The collection, which consists of the company’s best copies, will be cataloged and digitized at the Library’s Packard Campus for Audio Visual Conservation in Culpeper, Va., which will secure their exceptional sonic quality. The Library will stream recordings from the collection on a website to be launched in the spring.
“A surprisingly high percentage of America’s recording heritage since the early part of the 20th century has been lost due to neglect and deterioration. The donation of the UMG archive to the Library of Congress is a major gift to the nation,” Librarian of Congress James H. Billington said.
In September, a study released by the Library estimated that only 14% of commercially released recordings before 1965 are available from rightsholders, and of music released in the U.S. during the ’30s, only about 10% can be readily accessed by the public.

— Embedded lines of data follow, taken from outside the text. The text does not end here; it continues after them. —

//! What a step takes memory for, made before anything changes.
ghost use Rattle.std.specs.Prelude.{◌≡◌, ◌<◌, ◌≤◌, ◌⊎◌, ℕ, length, slice_get, IfOk, OnOk, OnErr, IsSome, IsTrue, vec_len};
ghost use Rattle.std.specs.Vec.{vec_capacity};
ghost use Rattle.std.specs.Option.{option_copied};
ghost use Rattle.checkpoint_store.specs.Entries.{condition_in};
ghost use Rattle.unum_world.specs.OneStep.{kept_in, adopted_kept, stop_for, own_of};
ghost use Rattle.unum_world.specs.OneStep.{entry_of, one_mark, messages_after, inv_of_op, op_takes_memory};
ghost use Rattle.unum_world.specs.Instances.{IsPrepared, MayAdopt};
ghost use Rattle.unum_world.specs.Kept.{ChangesRoom};

use crate::twins::grow_twins;
use crate::world_state::WorldState;
use checkpoint_store::{Slot, Store};
use fanin_bitmap::Bitmap;
use fn_wrapper::{Instance, stop_at};
use invoke_queue::Numbers;
use place_name::Obj;
use std::alloc::Global;
use unum_json::{NoMemory, copy_outcome};
use world_types::{Entry, Held, Kept, Op, Phase, Stop};

/// What a step has made before anything changes.
#[derive(Drop)]
pub struct Prepared {
    /// Where the scope stops after the checkpoint that the step adopts, if it adopts one.
    pub stop: Option<Stop<u32>>,
    /// The entry of the journal, if the step may win one.
    pub entry: Option<Entry>,
    /// 1 for a Mark.
    pub marks: u64,
    /// The invocation that the step is of.
    pub inv: u32,
}

/// The checkpoint that an object holds.
fn kept_in(found: Option<&Slot>) -> Option<&Kept>
    ensures { option_copied result ≡ kept_in (condition_in (option_copied found.entry)) }
{
    match found {
        Some(Slot::Live(Held::Kept(kept))) => Some(kept),
        _ => None,
    }
}

/// The checkpoint that an attempt in that phase adopts with its next operation, by what its own Check is.
fn adopted<'a>(phase: &'a Phase, found: Option<&'a Slot>) -> Option<&'a Kept>
    ensures { option_copied result ≡ adopted_kept phase.now (condition_in (option_copied found.entry)) }
{
    match phase {
        Phase::Looking => kept_in(found),
        Phase::Creating(kept) => match found {
            None => Some(kept),
            Some(_) => kept_in(found),
        },
        _ => None,
    }
}

/// Where the scope stops after the checkpoint that an attempt adopts with its next operation, if it adopts one.
fn next_stop(
    alloc: Global,
    store: &Store,
    instance: Instance<'_>,
    phase: &Phase,
) -> Result<Option<Stop<u32>>, NoMemory>
    ensures stop { let it = instance.entry in IfOk result (λ s. s ≡ stop_for it.ir.now it.invocation.now phase.now (own_of it.invocation.now store.now)) }
    ensures memory { let it = instance.entry in OnErr result (IsSome (adopted_kept phase.now (own_of it.invocation.now store.now))) }
{
    let own = Obj::Check(instance.invocation.name);
    match adopted(phase, store.look(&own)) {
        Some(kept) => match stop_at(alloc, instance.ir, instance.invocation, kept) {
            Ok(stop) => Ok(Some(stop)),
            Err(error) => Err(error),
        },
        None => Ok(None),
    }
}

/// The entry of an operation that may win one.
fn entry_of(alloc: Global, op: &Op<u32, Bitmap>, attempt: u32) -> Result<Option<Entry>, NoMemory>
    ensures entry { IfOk result (λ e. e ≡ entry_of op.now attempt) }
    ensures memory { OnErr result (IsTrue (op_takes_memory op.now)) }
{
    match op {
        Op::Create(Obj::Check(name), Held::Kept(kept)) => {
            let answer = copy_outcome(alloc, &kept.answer)?;
            Ok(Some(Entry {
                name: *name,
                answer,
                ticket: attempt,
            }))
        }
        _ => Ok(None),
    }
}

/// Takes room for what an operation adds to journal and messages, where there are so many messages.
fn make_room(
    journal: &mut Vec<Entry>,
    twins: &mut Numbers,
    op: &Op<u32, Bitmap>,
    invocations: usize,
) -> Result<(), NoMemory>
    requires within { invocations < 4294967295 }
    requires room { invocations ≤ twins.old.room }
    ensures journal { journal.new.items ≡ journal.old.items }
    ensures numbers { twins.new.numbers ≡ twins.old.numbers }
    ensures kept { invocations ≤ twins.new.room }
    ensures entries { OnOk result ((a : ℕ) → IsSome (entry_of op.now a) → vec_len journal.new < vec_capacity journal.new) }
    ensures next { OnOk result (messages_after op.now invocations ≤ twins.new.room) }
    ensures memory { OnErr result (IsTrue (op_takes_memory op.now)) }
{
    match op {
        Op::Create(_, _) => {
            journal.reserve(1)?;
            Ok(())
        }
        Op::Invoke(_) => grow_twins(twins, invocations),
        _ => Ok(()),
    }
}

/// 1 for a Mark.
fn one_mark(op: &Op<u32, Bitmap>) -> u64
    ensures { result ≡ one_mark op.now }
{
    match op {
        Op::Mark(_) => 1,
        _ => 0,
    }
}

/// The invocation that an operation is of: an Invoke of the next one, and any other of the attempt's own.
fn inv_of_op(op: &Op<u32, Bitmap>, inv: u32, invocations: u32) -> u32
    ensures { result ≡ inv_of_op invocations inv op.now }
{
    match op {
        Op::Invoke(_) => invocations,
        _ => inv,
    }
}

/// Makes what the step of an attempt of the invocation `inv` takes memory for. Of the world only room in lists changes.
pub fn prepare(
    alloc: Global,
    now: &mut WorldState,
    instance: Instance<'_>,
    inv: u32,
    op: &Op<u32, Bitmap>,
) -> Result<Prepared, NoMemory>
    requires there { IsSome (slice_get now.old.hub.queue.atts instance.ticket) }
    requires within { length now.old.hub.queue.invs < 4294967295 }
    requires room { length now.old.hub.queue.invs ≤ now.old.twins.room }
    ensures same { ChangesRoom now.old now.new }
    ensures made { let it = instance.entry in IfOk result (λ p. IsPrepared it.ir.now it.invocation.now it.ticket inv op.now now.old p) }
    ensures entries { OnOk result ((a : ℕ) → IsSome (entry_of op.now a) → vec_len now.new.journal < vec_capacity now.new.journal) }
    ensures next { OnOk result (messages_after op.now (length now.old.hub.queue.invs) ≤ now.new.twins.room) }
    ensures memory { let it = instance.entry in OnErr result (MayAdopt it.ir.now it.invocation.now it.ticket now.old ⊎ IsTrue (op_takes_memory op.now)) }
{
    let Some(t) = now.hub.queue.attempt(instance.ticket) else {
        unreachable!();
    };
    let stop = next_stop(alloc, &now.hub.store, instance, &t.phase)?;
    let Ok(entry) = entry_of(alloc, op, instance.ticket) else {
        drop(stop);
        return Err(NoMemory);
    };
    let invocations = now.hub.queue.invocations();
    match make_room(&mut now.journal, &mut now.twins, op, invocations) {
        Ok(()) => Ok(Prepared {
            stop,
            entry,
            marks: one_mark(op),
            inv: inv_of_op(op, inv, invocations as u32),
        }),
        Err(NoMemory) => {
            drop(entry);
            drop(stop);
            Err(NoMemory)
        }
    }
}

“Music is a distinctive feature of any historical period, and this particular collection of masters provides true insight into popular music’s humble beginnings and who we are as a culture today,” UMG president and COO Zach Horowitz said. “We are delighted to be collaborating with the Library of Congress to preserve and call attention to the groundbreaking musical achievements of these amazing musical pioneers.”